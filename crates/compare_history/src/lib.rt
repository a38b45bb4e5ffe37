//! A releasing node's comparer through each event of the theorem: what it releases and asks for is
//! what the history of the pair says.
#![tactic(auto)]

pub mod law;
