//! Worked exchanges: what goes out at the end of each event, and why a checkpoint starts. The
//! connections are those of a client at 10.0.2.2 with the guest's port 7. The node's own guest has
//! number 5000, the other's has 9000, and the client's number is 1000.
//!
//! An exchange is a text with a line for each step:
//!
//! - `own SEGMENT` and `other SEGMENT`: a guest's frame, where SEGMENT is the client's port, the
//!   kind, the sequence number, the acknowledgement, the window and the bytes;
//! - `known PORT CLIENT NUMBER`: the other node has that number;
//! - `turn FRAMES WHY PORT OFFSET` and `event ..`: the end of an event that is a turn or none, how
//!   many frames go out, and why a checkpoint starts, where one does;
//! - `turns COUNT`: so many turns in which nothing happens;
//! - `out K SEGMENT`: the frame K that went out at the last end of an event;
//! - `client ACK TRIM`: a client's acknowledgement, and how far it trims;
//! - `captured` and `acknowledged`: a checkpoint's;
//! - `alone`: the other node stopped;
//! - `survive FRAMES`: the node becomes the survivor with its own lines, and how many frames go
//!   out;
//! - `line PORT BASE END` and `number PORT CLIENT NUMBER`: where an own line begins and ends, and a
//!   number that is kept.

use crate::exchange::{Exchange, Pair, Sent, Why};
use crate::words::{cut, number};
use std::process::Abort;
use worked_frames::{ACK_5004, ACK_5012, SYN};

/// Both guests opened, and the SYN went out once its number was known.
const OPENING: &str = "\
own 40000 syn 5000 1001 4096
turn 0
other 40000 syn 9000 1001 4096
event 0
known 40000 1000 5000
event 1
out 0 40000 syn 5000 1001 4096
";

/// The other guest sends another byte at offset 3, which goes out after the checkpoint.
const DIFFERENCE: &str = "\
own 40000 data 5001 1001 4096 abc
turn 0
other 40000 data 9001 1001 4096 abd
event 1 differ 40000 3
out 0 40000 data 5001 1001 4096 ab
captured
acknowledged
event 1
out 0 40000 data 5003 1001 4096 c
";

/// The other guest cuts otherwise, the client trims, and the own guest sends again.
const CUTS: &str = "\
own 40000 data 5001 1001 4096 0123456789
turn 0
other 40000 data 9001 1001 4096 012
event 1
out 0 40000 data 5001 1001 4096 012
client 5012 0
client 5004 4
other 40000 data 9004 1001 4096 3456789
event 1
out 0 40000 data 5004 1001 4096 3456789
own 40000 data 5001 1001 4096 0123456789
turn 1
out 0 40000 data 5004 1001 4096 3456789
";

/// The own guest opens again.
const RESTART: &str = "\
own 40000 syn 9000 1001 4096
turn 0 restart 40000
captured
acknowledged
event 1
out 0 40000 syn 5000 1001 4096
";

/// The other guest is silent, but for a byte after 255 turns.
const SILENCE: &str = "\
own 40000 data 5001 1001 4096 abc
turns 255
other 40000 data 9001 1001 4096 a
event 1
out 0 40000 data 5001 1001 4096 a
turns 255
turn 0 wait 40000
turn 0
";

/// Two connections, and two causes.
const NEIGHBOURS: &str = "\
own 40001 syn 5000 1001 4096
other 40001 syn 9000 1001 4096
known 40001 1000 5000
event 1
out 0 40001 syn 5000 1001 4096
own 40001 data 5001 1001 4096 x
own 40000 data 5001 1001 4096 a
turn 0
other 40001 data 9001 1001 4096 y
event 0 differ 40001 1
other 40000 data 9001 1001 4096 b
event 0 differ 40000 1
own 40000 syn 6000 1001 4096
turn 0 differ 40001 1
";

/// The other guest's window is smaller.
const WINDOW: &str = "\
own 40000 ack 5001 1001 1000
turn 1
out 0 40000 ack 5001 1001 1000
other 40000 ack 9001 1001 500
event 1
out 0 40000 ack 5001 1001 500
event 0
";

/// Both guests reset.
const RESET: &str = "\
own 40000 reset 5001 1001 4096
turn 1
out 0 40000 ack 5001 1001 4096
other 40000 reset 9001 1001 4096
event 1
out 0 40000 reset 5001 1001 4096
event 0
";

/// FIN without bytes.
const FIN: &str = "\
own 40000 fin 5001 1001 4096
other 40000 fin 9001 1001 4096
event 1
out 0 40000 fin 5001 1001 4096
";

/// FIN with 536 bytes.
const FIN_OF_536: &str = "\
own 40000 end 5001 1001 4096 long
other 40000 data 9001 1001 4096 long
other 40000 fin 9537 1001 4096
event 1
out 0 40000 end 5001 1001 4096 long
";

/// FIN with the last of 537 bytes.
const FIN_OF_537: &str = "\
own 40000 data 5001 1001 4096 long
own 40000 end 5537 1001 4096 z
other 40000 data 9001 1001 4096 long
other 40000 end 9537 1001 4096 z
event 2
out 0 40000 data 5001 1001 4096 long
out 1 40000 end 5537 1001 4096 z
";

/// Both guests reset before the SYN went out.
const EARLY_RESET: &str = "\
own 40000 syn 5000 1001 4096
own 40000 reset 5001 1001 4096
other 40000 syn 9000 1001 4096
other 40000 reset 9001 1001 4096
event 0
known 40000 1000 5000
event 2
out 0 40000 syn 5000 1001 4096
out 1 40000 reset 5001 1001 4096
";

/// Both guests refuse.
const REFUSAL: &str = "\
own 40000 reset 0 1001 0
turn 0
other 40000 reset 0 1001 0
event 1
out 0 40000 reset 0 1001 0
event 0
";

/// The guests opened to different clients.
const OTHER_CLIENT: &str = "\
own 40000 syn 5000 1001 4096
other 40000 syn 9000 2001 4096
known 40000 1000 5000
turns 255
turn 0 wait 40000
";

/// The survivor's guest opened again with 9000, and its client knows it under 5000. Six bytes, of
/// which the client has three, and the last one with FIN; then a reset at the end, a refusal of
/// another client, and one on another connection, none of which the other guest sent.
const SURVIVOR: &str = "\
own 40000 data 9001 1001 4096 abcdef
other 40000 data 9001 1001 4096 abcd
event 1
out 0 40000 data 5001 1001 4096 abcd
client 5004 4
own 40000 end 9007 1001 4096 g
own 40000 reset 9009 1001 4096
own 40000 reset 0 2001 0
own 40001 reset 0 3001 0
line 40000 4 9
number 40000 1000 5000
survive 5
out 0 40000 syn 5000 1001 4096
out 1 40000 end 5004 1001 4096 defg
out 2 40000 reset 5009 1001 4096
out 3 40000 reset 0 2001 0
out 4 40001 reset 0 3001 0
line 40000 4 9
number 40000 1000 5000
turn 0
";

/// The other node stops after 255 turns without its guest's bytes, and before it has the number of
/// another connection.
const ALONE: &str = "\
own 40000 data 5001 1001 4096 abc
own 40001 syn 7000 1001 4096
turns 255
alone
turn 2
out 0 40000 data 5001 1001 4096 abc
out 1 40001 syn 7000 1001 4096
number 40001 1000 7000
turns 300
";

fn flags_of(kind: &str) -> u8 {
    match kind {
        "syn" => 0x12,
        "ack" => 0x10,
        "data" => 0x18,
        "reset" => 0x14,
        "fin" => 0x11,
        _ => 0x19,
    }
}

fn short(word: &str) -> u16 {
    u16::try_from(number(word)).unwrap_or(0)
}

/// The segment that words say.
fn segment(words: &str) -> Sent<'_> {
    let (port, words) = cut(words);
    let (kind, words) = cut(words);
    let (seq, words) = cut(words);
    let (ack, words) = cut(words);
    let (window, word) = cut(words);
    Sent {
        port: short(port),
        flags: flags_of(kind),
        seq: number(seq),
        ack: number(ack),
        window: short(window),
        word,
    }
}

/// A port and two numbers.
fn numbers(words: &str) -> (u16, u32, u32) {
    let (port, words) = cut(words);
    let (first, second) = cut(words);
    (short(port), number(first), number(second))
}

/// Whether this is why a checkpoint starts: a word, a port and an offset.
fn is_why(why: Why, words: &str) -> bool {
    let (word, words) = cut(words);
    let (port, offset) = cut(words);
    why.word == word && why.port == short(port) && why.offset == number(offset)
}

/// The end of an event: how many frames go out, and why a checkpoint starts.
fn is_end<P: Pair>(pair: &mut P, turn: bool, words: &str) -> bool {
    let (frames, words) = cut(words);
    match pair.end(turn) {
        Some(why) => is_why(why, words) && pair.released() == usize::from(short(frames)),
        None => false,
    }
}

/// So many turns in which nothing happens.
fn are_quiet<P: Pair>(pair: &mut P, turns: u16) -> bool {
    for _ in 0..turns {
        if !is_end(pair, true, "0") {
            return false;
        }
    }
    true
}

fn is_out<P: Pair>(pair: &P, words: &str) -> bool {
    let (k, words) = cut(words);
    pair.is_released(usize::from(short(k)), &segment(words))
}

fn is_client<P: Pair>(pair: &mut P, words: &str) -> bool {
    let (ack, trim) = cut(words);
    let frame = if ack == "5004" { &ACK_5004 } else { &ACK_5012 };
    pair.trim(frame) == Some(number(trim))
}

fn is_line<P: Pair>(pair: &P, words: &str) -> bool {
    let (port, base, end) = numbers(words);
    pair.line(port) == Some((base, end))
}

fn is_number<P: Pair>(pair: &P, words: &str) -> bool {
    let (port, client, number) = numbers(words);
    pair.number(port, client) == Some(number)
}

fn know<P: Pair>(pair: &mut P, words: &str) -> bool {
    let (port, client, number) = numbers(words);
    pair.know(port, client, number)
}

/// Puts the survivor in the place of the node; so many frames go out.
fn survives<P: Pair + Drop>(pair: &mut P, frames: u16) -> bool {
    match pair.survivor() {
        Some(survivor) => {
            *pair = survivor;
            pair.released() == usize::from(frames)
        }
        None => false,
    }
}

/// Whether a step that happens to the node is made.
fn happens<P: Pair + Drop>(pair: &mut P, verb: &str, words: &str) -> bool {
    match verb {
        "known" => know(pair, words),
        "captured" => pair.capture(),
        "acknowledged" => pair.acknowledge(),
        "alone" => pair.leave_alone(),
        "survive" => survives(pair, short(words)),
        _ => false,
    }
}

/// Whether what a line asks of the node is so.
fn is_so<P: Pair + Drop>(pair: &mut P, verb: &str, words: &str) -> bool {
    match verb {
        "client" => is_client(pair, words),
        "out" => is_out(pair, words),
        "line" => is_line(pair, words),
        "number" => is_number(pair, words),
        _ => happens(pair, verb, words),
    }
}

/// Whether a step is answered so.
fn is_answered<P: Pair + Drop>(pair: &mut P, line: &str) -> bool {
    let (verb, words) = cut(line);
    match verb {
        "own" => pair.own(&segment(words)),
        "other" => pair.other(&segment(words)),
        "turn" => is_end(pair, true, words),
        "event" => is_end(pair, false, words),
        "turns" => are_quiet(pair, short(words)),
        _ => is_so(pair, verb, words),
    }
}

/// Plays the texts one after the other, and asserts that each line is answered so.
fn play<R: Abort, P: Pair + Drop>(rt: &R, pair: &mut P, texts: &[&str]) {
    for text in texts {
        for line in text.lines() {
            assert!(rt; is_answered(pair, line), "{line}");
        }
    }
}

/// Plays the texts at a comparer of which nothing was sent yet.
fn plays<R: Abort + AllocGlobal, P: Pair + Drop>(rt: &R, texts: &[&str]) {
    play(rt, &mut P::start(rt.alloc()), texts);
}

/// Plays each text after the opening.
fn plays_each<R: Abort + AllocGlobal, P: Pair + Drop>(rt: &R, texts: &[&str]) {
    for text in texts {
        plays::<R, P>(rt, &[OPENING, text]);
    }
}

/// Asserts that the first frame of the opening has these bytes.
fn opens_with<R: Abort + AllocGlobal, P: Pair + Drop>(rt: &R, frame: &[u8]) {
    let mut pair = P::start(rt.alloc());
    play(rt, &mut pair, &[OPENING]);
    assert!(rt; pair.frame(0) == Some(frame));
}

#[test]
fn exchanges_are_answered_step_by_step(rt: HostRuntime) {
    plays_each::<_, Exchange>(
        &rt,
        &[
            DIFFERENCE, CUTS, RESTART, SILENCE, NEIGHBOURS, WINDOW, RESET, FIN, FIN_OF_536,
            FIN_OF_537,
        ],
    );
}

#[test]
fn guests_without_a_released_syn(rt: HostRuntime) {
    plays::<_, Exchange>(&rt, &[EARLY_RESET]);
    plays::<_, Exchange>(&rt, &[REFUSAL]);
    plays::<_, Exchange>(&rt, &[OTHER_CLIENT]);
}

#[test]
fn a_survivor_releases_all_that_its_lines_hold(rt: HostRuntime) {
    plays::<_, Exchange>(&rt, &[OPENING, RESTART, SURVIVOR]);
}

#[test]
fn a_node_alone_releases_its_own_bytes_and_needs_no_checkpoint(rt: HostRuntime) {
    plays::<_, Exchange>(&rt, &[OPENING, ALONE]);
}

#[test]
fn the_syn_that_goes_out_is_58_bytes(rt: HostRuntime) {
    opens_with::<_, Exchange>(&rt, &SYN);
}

···

Take the lines above from the one containing "fn is_end<P: Pair>(pair: &mut" to the one containing "frames go out." and retype them exactly, both ends included, with nothing added.

fn is_end<P: Pair>(pair: &mut P, turn: bool, words: &str) -> bool {
    let (frames, words) = cut(words);
    match pair.end(turn) {
        Some(why) => is_why(why, words) && pair.released() == usize::from(short(frames)),
        None => false,
    }
}

/// So many turns in which nothing happens.
fn are_quiet<P: Pair>(pair: &mut P, turns: u16) -> bool {
    for _ in 0..turns {
        if !is_end(pair, true, "0") {
            return false;
        }
    }
    true
}

fn is_out<P: Pair>(pair: &P, words: &str) -> bool {
    let (k, words) = cut(words);
    pair.is_released(usize::from(short(k)), &segment(words))
}

fn is_client<P: Pair>(pair: &mut P, words: &str) -> bool {
    let (ack, trim) = cut(words);
    let frame = if ack == "5004" { &ACK_5004 } else { &ACK_5012 };
    pair.trim(frame) == Some(number(trim))
}

fn is_line<P: Pair>(pair: &P, words: &str) -> bool {
    let (port, base, end) = numbers(words);
    pair.line(port) == Some((base, end))
}

fn is_number<P: Pair>(pair: &P, words: &str) -> bool {
    let (port, client, number) = numbers(words);
    pair.number(port, client) == Some(number)
}

fn know<P: Pair>(pair: &mut P, words: &str) -> bool {
    let (port, client, number) = numbers(words);
    pair.know(port, client, number)
}

/// Puts the survivor in the place of the node; so many frames go out.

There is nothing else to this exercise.